US 12,462,610 B2
Video understanding neural network systems and methods using the same
Zibo Meng, Palo Alto, CA (US); Ming Chen, Palo Alto, CA (US); and Chiuman Ho, Palo Alto, CA (US)
Assigned to GUANGDONG OPPO MOBILE TELECOMMUNICATIONS CORP., LTD., Guangdong (CN)
Filed by GUANGDONG OPPO MOBILE TELECOMMUNICATIONS CORP., LTD., Guangdong (CN)
Filed on Nov. 30, 2021, as Appl. No. 17/538,512.
Application 17/538,512 is a continuation of application No. PCT/CN2019/122358, filed on Dec. 2, 2019.
Claims priority of provisional application 62/855,489, filed on May 31, 2019.
Prior Publication US 2022/0157059 A1, May 19, 2022
Int. Cl. G06V 40/20 (2022.01); G06N 3/045 (2023.01); G06N 3/048 (2023.01); G06T 3/4046 (2024.01); G06V 10/44 (2022.01); G06V 10/77 (2022.01); G06V 10/82 (2022.01); G06V 20/40 (2022.01)
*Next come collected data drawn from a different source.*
//! What asks the lock for a session.

ghost use Rattle.std.specs.Prelude.{◌≡◌, ◌≤◌, List, ℕ, length};
ghost use Rattle.tardis_base.specs.Sizes.{longest_request};
ghost use Rattle.trail_log.specs.declared.acted.Acted.{Acted};
ghost use Rattle.dag_lock.specs.Named.{lock_id, start_of};
ghost use Rattle.dag_lock.specs.Steps.{Ended, Keeps};
ghost use Rattle.session_serve.specs.Passes.{Goes};
ghost use Rattle.session_serve.specs.Asking.{at_first, AsksOnce};

use dag_lock::{DagLock, Pass};
use std::marker::Model;
use std::snapshot::Snapshot;
use std::sync::Wait;
use tardis_base::{Machine, ReplyBuf};
use trail_log::Acted;

/// What can be asked requests.
pub(crate) trait Asks {
    // asked a request, it comes to this, with these bytes, and is then that
    ghost asks: { Self → List ℕ → Acted → List ℕ → Self → Type 0 };

    // what no request changes
    ghost opening: { Self → Self };

    fn ask(&mut self, request: &[u8], out: &mut ReplyBuf) -> Acted
        requires { length request.now ≤ longest_request }
        ensures asks { asks self.old request.now result out.new self.new }
        ensures opening { opening self.new ≡ opening self.old };
}

/// A lock, and the pass of a session to it.
#[derive(Drop)]
pub(crate) struct Asker<'a, M: Machine, R> {
    rt: &'a R,
    lock: &'a DagLock<M>,
    session: u16,
    first: Snapshot<Pass>,
    pass: Option<Pass>,
}

impl<'a, M: Machine, R> Model for Asker<'a, M, R> {
    ghost use Rattle.std.specs.Prelude.{◌≡◌, Some};
    ghost use Rattle.dag_lock.specs.Known.{Known};
    ghost use Rattle.dag_lock.specs.Named.{lock_id, start_of};
    ghost use Rattle.session_serve.specs.Passes.{Goes};
    ghost use Rattle.session_serve.specs.Asking.{Asking, known_or};

    ghost Value = { Asking M };

    ghost view = { λ a. record { start = start_of a.lock.now; session = a.session; first = a.first.value; pass = known_or a.first.value a.pass } };

    ghost invariant = { λ a. (p : Known) × (a.pass ≡ Some p) × (p.lock ≡ lock_id a.lock.now) × Goes a.session a.first.value p };
}

impl<'a, M: Machine, R: Wait> Asker<'a, M, R> {
    ghost use Rattle.dag_lock.specs.Named.{lock_id, start_of};

    pub(crate) fn new(rt: &'a R, lock: &'a DagLock<M>, session: u16, pass: Pass) -> Asker<'a, M, R>
        requires { pass.lock ≡ lock_id lock.now }
        ensures { result ≡ record { start = start_of lock.now; session = session; first = pass; pass = pass } }
    {
        Asker {
            rt,
            lock,
            session,
            first: Snapshot::of(&pass),
            pass: Some(pass),
        }
    }

    /// The pass.
    pub(crate) fn into_pass(self) -> Pass
        ensures same { result ≡ self.entry.pass }
        ensures goes { Goes self.entry.session self.entry.first result }
    {
        let Asker {
            rt: _,
            lock: _,
            session: _,
            first: _,
            pass,
        } = self;
        match pass {
            Some(pass) => pass,
            None => unreachable!(),
        }
    }
}

impl<'a, M: Machine, R: Wait> Asks for Asker<'a, M, R> {
    ghost asks = { AsksOnce M.opening M.plain };

    ghost opening = { at_first };

    fn ask(&mut self, request: &[u8], out: &mut ReplyBuf) -> Acted
        requires { length request.now ≤ longest_request }
        ensures asks { AsksOnce M.opening M.plain self.old request.now result out.new self.new }
        ensures opening { at_first self.new ≡ at_first self.old }
    {
        let Some(pass) = self.pass.take() else {
            unreachable!();
        };
        let (pass, acted) = step_once(self.rt, self.lock, pass, self.session, request, out);
        self.pass = Some(pass);
        acted
    }
}

/// Asks the lock once.
fn step_once<M: Machine, R: Wait>(
    rt: &R,
    lock: &DagLock<M>,
    pass: Pass,
    session: u16,
    request: &[u8],
    out: &mut ReplyBuf,
) -> (Pass, Acted)
    requires lock { pass.lock ≡ lock_id lock.now }
    requires fits { length request.now ≤ longest_request }
    ensures ended { Ended M.opening M.plain (start_of lock.now) pass (session, request.now) out.new result.0 result.1 }
    ensures pass { Keeps pass result.0 }
{
    lock.step(rt, pass, session, request, out)
}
CPC G06V 40/23 (2022.01) [G06T 3/4046 (2013.01); G06V 10/454 (2022.01); G06V 10/7715 (2022.01); G06V 10/82 (2022.01); G06V 20/41 (2022.01); G06V 20/46 (2022.01); G06N 3/045 (2023.01); G06N 3/048 (2023.01)] 20 Claims
OG exemplary drawing
 
1. A neural network system implemented by one or more electronic devices, comprising a target neural network block configured to be inserted between a first baseline neural network block and a second baseline neural network block of a baseline neural network, the target neural network block including:
at least one pooling unit to:
receive an input feature map outputted by the first baseline neural network block processing an image,
temporally pooling the input feature map into at least one intermediate feature map;
at least one other processing unit to:
temporally process the at least one intermediate feature map to a residual feature map; and
generate an output feature map configured for inputting into the second baseline neural network block by combining the residual feature map with the input feature map;
wherein temporal information extracted by the target neural network block is different from temporal information extracted by the baseline neural network.